◆ WHAT YOU WILL DO
Nothing in the data may change. Copy all of it exactly.

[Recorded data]
>>

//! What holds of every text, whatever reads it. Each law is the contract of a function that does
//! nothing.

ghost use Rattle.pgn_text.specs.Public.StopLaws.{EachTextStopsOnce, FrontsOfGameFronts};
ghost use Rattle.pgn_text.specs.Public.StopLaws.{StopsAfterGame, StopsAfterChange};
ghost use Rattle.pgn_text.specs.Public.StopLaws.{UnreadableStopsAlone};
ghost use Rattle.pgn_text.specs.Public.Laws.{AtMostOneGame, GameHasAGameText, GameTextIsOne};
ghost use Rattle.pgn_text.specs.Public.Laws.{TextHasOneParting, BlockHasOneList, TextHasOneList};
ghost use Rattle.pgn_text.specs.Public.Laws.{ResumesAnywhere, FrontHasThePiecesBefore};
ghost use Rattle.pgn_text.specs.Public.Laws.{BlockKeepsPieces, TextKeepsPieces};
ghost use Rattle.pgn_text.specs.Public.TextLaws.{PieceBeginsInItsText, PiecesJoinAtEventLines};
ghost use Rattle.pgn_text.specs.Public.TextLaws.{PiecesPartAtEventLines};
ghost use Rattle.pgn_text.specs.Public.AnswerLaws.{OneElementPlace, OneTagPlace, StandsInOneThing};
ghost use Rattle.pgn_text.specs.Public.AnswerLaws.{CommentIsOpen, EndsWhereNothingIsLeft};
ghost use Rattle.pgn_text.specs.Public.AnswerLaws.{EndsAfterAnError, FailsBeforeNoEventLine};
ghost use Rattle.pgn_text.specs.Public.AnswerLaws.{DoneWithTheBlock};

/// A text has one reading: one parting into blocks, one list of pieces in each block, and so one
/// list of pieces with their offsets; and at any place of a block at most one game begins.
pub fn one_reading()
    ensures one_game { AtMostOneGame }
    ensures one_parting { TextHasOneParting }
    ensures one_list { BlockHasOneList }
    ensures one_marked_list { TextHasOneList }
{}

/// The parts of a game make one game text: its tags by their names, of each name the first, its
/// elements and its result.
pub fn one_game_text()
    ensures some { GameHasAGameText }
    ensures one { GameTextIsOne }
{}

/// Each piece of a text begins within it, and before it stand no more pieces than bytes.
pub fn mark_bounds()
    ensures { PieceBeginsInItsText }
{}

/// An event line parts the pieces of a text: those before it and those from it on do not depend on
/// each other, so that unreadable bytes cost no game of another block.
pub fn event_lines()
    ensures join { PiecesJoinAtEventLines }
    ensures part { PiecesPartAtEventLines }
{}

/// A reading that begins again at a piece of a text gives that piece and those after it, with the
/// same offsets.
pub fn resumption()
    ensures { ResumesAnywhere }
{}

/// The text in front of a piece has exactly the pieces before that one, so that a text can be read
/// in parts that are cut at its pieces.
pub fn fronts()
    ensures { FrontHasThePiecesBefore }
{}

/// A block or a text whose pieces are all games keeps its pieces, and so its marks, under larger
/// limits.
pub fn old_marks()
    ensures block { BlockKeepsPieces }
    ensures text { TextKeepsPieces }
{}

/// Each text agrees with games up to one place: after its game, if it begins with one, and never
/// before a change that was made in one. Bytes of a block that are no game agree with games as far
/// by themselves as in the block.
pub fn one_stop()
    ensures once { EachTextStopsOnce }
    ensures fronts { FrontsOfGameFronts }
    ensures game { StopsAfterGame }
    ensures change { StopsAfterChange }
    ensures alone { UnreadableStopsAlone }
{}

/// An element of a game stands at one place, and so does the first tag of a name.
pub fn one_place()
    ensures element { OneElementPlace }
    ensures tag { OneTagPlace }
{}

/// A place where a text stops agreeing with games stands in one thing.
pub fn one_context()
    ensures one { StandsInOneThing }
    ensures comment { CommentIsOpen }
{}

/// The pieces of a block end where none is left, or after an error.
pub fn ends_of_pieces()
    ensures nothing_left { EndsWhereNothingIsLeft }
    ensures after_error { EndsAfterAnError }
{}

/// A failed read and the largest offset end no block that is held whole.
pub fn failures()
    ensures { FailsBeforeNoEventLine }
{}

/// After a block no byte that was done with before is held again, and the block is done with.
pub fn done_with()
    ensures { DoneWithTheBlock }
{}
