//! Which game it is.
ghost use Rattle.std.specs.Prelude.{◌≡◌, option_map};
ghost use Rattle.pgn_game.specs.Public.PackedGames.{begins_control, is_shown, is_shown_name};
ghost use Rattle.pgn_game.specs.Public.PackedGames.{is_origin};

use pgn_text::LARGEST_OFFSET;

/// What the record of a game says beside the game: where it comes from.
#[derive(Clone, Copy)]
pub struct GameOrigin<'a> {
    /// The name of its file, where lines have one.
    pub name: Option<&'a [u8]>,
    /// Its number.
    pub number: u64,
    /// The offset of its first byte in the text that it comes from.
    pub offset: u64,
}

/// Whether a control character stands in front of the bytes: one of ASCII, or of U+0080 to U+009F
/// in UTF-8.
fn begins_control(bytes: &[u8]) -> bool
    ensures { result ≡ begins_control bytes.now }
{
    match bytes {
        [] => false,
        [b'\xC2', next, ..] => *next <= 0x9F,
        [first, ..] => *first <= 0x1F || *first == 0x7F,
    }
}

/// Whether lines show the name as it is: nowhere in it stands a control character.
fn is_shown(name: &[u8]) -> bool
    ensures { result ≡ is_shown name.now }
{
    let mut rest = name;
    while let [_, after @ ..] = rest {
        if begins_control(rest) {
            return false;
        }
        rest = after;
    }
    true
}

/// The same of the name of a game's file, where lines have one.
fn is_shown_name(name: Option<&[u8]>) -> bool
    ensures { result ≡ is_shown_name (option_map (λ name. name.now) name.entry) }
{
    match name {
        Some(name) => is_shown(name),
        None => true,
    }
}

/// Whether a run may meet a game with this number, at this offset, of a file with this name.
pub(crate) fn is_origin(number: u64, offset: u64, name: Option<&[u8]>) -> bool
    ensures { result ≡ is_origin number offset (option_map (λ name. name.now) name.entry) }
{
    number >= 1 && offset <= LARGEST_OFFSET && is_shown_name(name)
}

<<

◆ RESPONSE BELOW
//! What holds of every text, whatever reads it. Each law is the contract of a function that does
//! nothing.

ghost use Rattle.pgn_text.specs.Public.StopLaws.{EachTextStopsOnce, FrontsOfGameFronts};
ghost use Rattle.pgn_text.specs.Public.StopLaws.{StopsAfterGame, StopsAfterChange};
ghost use Rattle.pgn_text.specs.Public.StopLaws.{UnreadableStopsAlone};
ghost use Rattle.pgn_text.specs.Public.Laws.{AtMostOneGame, GameHasAGameText, GameTextIsOne};
ghost use Rattle.pgn_text.specs.Public.Laws.{TextHasOneParting, BlockHasOneList, TextHasOneList};
ghost use Rattle.pgn_text.specs.Public.Laws.{ResumesAnywhere, FrontHasThePiecesBefore};
ghost use Rattle.pgn_text.specs.Public.Laws.{BlockKeepsPieces, TextKeepsPieces};
ghost use Rattle.pgn_text.specs.Public.TextLaws.{PieceBeginsInItsText, PiecesJoinAtEventLines};
ghost use Rattle.pgn_text.specs.Public.TextLaws.{PiecesPartAtEventLines};
ghost use Rattle.pgn_text.specs.Public.AnswerLaws.{OneElementPlace, OneTagPlace, StandsInOneThing};
ghost use Rattle.pgn_text.specs.Public.AnswerLaws.{CommentIsOpen, EndsWhereNothingIsLeft};
ghost use Rattle.pgn_text.specs.Public.AnswerLaws.{EndsAfterAnError, FailsBeforeNoEventLine};
ghost use Rattle.pgn_text.specs.Public.AnswerLaws.{DoneWithTheBlock};

/// A text has one reading: one parting into blocks, one list of pieces in each block, and so one
/// list of pieces with their offsets; and at any place of a block at most one game begins.
pub fn one_reading()
    ensures one_game { AtMostOneGame }
    ensures one_parting { TextHasOneParting }
    ensures one_list { BlockHasOneList }
    ensures one_marked_list { TextHasOneList }
{}

/// The parts of a game make one game text: its tags by their names, of each name the first, its
/// elements and its result.
pub fn one_game_text()
    ensures some { GameHasAGameText }
    ensures one { GameTextIsOne }
{}

/// Each piece of a text begins within it, and before it stand no more pieces than bytes.
pub fn mark_bounds()
    ensures { PieceBeginsInItsText }
{}

/// An event line parts the pieces of a text: those before it and those from it on do not depend on
/// each other, so that unreadable bytes cost no game of another block.
pub fn event_lines()
    ensures join { PiecesJoinAtEventLines }
    ensures part { PiecesPartAtEventLines }
{}

/// A reading that begins again at a piece of a text gives that piece and those after it, with the
/// same offsets.
pub fn resumption()
    ensures { ResumesAnywhere }
{}

/// The text in front of a piece has exactly the pieces before that one, so that a text can be read
/// in parts that are cut at its pieces.
pub fn fronts()
    ensures { FrontHasThePiecesBefore }
{}

/// A block or a text whose pieces are all games keeps its pieces, and so its marks, under larger
/// limits.
pub fn old_marks()
    ensures block { BlockKeepsPieces }
    ensures text { TextKeepsPieces }
{}

/// Each text agrees with games up to one place: after its game, if it begins with one, and never
/// before a change that was made in one. Bytes of a block that are no game agree with games as far
/// by themselves as in the block.
pub fn one_stop()
    ensures once { EachTextStopsOnce }
    ensures fronts { FrontsOfGameFronts }
    ensures game { StopsAfterGame }
    ensures change { StopsAfterChange }
    ensures alone { UnreadableStopsAlone }
{}

/// An element of a game stands at one place, and so does the first tag of a name.
pub fn one_place()
    ensures element { OneElementPlace }
    ensures tag { OneTagPlace }
{}

/// A place where a text stops agreeing with games stands in one thing.
pub fn one_context()
    ensures one { StandsInOneThing }
    ensures comment { CommentIsOpen }
{}

/// The pieces of a block end where none is left, or after an error.
pub fn ends_of_pieces()
    ensures nothing_left { EndsWhereNothingIsLeft }
    ensures after_error { EndsAfterAnError }
{}

/// A failed read and the largest offset end no block that is held whole.
pub fn failures()
    ensures { FailsBeforeNoEventLine }
{}

/// After a block no byte that was done with before is held again, and the block is done with.
pub fn done_with()
    ensures { DoneWithTheBlock }
{}
//! Which game it is.
ghost use Rattle.std.specs.Prelude.{◌≡◌, option_map};
ghost use Rattle.pgn_game.specs.Public.PackedGames.{begins_control, is_shown, is_shown_name};
ghost use Rattle.pgn_game.specs.Public.PackedGames.{is_origin};

use pgn_text::LARGEST_OFFSET;

/// What the record of a game says beside the game: where it comes from.
#[derive(Clone, Copy)]
pub struct GameOrigin<'a> {
    /// The name of its file, where lines have one.
    pub name: Option<&'a [u8]>,
    /// Its number.
    pub number: u64,
    /// The offset of its first byte in the text that it comes from.
    pub offset: u64,
}

/// Whether a control character stands in front of the bytes: one of ASCII, or of U+0080 to U+009F
/// in UTF-8.
fn begins_control(bytes: &[u8]) -> bool
    ensures { result ≡ begins_control bytes.now }
{
    match bytes {
        [] => false,
        [b'\xC2', next, ..] => *next <= 0x9F,
        [first, ..] => *first <= 0x1F || *first == 0x7F,
    }
}

/// Whether lines show the name as it is: nowhere in it stands a control character.
fn is_shown(name: &[u8]) -> bool
    ensures { result ≡ is_shown name.now }
{
    let mut rest = name;
    while let [_, after @ ..] = rest {
        if begins_control(rest) {
            return false;
        }
        rest = after;
    }
    true
}

/// The same of the name of a game's file, where lines have one.
fn is_shown_name(name: Option<&[u8]>) -> bool
    ensures { result ≡ is_shown_name (option_map (λ name. name.now) name.entry) }
{
    match name {
        Some(name) => is_shown(name),
        None => true,
    }
}

/// Whether a run may meet a game with this number, at this offset, of a file with this name.
pub(crate) fn is_origin(number: u64, offset: u64, name: Option<&[u8]>) -> bool
    ensures { result ≡ is_origin number offset (option_map (λ name. name.now) name.entry) }
{
    number >= 1 && offset <= LARGEST_OFFSET && is_shown_name(name)
}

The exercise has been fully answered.